DIRECTIONS FOR THIS TASK ▸
Work out how many lines in the data include the string "freed"; reply with that number alone.

RECORDS FOR PROCESSING ▸
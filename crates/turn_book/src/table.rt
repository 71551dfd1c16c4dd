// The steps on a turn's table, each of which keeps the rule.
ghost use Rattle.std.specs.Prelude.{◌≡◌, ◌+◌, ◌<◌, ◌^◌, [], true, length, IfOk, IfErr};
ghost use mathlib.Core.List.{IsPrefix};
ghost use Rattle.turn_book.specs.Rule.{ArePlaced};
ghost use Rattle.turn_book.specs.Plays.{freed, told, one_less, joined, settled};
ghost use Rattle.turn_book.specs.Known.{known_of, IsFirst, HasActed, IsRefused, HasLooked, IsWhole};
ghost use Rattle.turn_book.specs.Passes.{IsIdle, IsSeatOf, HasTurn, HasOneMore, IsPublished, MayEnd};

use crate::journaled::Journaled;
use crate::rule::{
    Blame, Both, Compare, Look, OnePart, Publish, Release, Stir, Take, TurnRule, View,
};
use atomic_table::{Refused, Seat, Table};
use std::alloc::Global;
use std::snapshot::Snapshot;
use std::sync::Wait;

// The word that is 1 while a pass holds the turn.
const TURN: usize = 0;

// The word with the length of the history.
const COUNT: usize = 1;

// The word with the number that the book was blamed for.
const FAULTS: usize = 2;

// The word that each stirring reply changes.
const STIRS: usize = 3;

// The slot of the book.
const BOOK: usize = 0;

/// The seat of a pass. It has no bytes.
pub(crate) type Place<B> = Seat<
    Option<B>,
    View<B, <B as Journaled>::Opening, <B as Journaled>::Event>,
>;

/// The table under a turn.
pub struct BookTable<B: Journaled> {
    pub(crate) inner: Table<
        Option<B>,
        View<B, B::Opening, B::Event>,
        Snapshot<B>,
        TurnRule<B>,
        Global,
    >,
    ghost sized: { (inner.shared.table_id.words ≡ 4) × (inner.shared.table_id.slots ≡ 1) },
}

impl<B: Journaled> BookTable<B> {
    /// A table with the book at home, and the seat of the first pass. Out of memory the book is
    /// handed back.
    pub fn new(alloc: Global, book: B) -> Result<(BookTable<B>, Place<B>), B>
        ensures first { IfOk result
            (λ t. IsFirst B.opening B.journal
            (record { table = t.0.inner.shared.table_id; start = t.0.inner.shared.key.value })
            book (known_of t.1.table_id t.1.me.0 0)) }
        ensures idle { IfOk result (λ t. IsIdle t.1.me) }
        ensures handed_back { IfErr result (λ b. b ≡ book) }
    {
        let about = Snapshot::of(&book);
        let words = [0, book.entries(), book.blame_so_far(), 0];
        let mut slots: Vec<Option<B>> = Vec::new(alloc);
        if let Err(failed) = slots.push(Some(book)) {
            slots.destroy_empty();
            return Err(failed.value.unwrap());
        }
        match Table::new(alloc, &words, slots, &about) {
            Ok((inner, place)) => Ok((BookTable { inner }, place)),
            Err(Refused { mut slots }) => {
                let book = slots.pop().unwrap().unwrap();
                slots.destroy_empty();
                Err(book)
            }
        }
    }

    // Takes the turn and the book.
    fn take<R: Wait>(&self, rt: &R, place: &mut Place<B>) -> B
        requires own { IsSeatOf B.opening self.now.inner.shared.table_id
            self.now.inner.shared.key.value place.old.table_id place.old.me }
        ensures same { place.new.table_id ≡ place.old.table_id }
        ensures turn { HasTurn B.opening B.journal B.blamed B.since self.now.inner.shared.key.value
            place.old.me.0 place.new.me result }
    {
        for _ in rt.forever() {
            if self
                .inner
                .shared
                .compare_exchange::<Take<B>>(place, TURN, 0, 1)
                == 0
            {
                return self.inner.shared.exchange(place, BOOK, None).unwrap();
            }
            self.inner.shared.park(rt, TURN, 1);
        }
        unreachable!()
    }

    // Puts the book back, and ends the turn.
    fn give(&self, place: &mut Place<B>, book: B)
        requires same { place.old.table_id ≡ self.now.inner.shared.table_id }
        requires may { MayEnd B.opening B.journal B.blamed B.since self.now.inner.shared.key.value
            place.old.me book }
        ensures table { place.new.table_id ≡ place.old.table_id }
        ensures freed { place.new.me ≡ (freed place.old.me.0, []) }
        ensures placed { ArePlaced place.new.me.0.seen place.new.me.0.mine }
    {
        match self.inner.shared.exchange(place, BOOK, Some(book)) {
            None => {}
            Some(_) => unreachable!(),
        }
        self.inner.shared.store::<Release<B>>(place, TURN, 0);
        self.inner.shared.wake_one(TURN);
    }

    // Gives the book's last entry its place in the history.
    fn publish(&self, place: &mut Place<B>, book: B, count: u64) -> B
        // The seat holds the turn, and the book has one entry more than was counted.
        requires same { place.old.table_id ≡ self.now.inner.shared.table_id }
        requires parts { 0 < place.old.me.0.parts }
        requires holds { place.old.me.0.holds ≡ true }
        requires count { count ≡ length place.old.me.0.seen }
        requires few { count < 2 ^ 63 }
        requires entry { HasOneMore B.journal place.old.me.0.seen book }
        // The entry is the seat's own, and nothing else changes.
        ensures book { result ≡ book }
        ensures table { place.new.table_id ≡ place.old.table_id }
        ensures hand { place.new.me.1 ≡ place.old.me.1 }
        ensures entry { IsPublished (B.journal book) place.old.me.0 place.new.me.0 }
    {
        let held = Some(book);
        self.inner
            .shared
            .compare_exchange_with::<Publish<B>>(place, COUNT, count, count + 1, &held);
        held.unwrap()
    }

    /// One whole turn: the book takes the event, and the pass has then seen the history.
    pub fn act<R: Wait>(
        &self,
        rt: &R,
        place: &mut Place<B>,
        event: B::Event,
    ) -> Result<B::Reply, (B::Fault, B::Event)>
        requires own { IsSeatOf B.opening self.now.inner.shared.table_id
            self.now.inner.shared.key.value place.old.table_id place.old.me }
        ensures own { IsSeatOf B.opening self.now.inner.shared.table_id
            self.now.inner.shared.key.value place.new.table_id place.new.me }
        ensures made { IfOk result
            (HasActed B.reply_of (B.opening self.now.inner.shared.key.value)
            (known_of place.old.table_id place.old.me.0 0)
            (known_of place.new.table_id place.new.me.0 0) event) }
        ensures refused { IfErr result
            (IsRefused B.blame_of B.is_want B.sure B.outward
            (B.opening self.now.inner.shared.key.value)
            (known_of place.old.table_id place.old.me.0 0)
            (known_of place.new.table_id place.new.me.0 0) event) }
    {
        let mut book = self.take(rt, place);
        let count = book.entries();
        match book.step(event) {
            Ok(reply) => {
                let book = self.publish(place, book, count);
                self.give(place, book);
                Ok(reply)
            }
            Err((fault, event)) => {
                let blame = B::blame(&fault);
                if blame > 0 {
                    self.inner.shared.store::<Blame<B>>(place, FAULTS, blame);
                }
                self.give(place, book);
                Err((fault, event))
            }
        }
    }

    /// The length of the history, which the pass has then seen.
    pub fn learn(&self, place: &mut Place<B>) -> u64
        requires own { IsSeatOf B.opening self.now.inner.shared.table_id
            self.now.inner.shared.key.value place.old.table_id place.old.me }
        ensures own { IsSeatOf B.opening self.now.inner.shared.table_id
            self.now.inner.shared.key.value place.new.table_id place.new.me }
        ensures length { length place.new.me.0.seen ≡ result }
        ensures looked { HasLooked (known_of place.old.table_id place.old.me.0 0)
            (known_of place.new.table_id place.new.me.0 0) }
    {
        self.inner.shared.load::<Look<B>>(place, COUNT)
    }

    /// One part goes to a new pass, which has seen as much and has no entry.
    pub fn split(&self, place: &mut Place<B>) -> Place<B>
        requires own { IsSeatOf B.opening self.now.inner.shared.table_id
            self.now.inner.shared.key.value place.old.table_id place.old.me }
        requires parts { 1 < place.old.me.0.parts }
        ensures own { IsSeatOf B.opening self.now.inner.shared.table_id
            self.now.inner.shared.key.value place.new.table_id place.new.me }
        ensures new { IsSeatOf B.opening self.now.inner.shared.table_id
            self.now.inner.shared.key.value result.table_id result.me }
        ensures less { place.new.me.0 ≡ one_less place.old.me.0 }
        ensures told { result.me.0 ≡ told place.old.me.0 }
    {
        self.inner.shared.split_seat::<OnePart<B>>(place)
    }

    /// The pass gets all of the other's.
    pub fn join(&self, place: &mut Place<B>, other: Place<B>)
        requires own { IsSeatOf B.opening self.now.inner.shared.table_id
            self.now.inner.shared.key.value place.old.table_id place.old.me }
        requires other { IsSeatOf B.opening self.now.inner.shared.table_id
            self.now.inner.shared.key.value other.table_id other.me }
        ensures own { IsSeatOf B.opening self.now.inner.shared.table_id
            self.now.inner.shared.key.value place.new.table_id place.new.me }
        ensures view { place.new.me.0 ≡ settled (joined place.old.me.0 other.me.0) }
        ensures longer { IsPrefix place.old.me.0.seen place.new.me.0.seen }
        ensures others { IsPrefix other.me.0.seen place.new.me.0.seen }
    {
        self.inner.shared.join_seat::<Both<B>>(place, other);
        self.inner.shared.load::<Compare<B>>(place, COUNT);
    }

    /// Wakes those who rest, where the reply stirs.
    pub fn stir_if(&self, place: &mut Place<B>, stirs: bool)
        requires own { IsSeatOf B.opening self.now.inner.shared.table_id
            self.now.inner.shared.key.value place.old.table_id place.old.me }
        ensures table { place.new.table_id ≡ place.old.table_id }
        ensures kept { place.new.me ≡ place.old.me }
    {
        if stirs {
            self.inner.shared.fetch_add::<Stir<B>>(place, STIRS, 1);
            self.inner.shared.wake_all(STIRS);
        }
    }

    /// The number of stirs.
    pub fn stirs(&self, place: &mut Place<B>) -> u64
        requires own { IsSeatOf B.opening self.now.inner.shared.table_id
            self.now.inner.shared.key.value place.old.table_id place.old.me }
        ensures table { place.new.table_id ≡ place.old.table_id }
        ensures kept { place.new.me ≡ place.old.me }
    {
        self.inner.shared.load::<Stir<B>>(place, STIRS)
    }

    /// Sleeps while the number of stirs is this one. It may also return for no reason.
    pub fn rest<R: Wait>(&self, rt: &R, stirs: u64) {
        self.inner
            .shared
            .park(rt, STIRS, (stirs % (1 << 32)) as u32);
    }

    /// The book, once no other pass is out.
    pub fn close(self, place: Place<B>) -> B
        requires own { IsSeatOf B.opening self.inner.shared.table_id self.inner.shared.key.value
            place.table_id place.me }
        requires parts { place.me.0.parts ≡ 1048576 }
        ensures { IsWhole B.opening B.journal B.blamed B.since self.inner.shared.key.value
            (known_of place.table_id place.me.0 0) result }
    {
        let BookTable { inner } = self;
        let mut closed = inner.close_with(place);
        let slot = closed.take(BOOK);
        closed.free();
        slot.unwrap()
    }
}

RESULT OF THE TASK ▸
2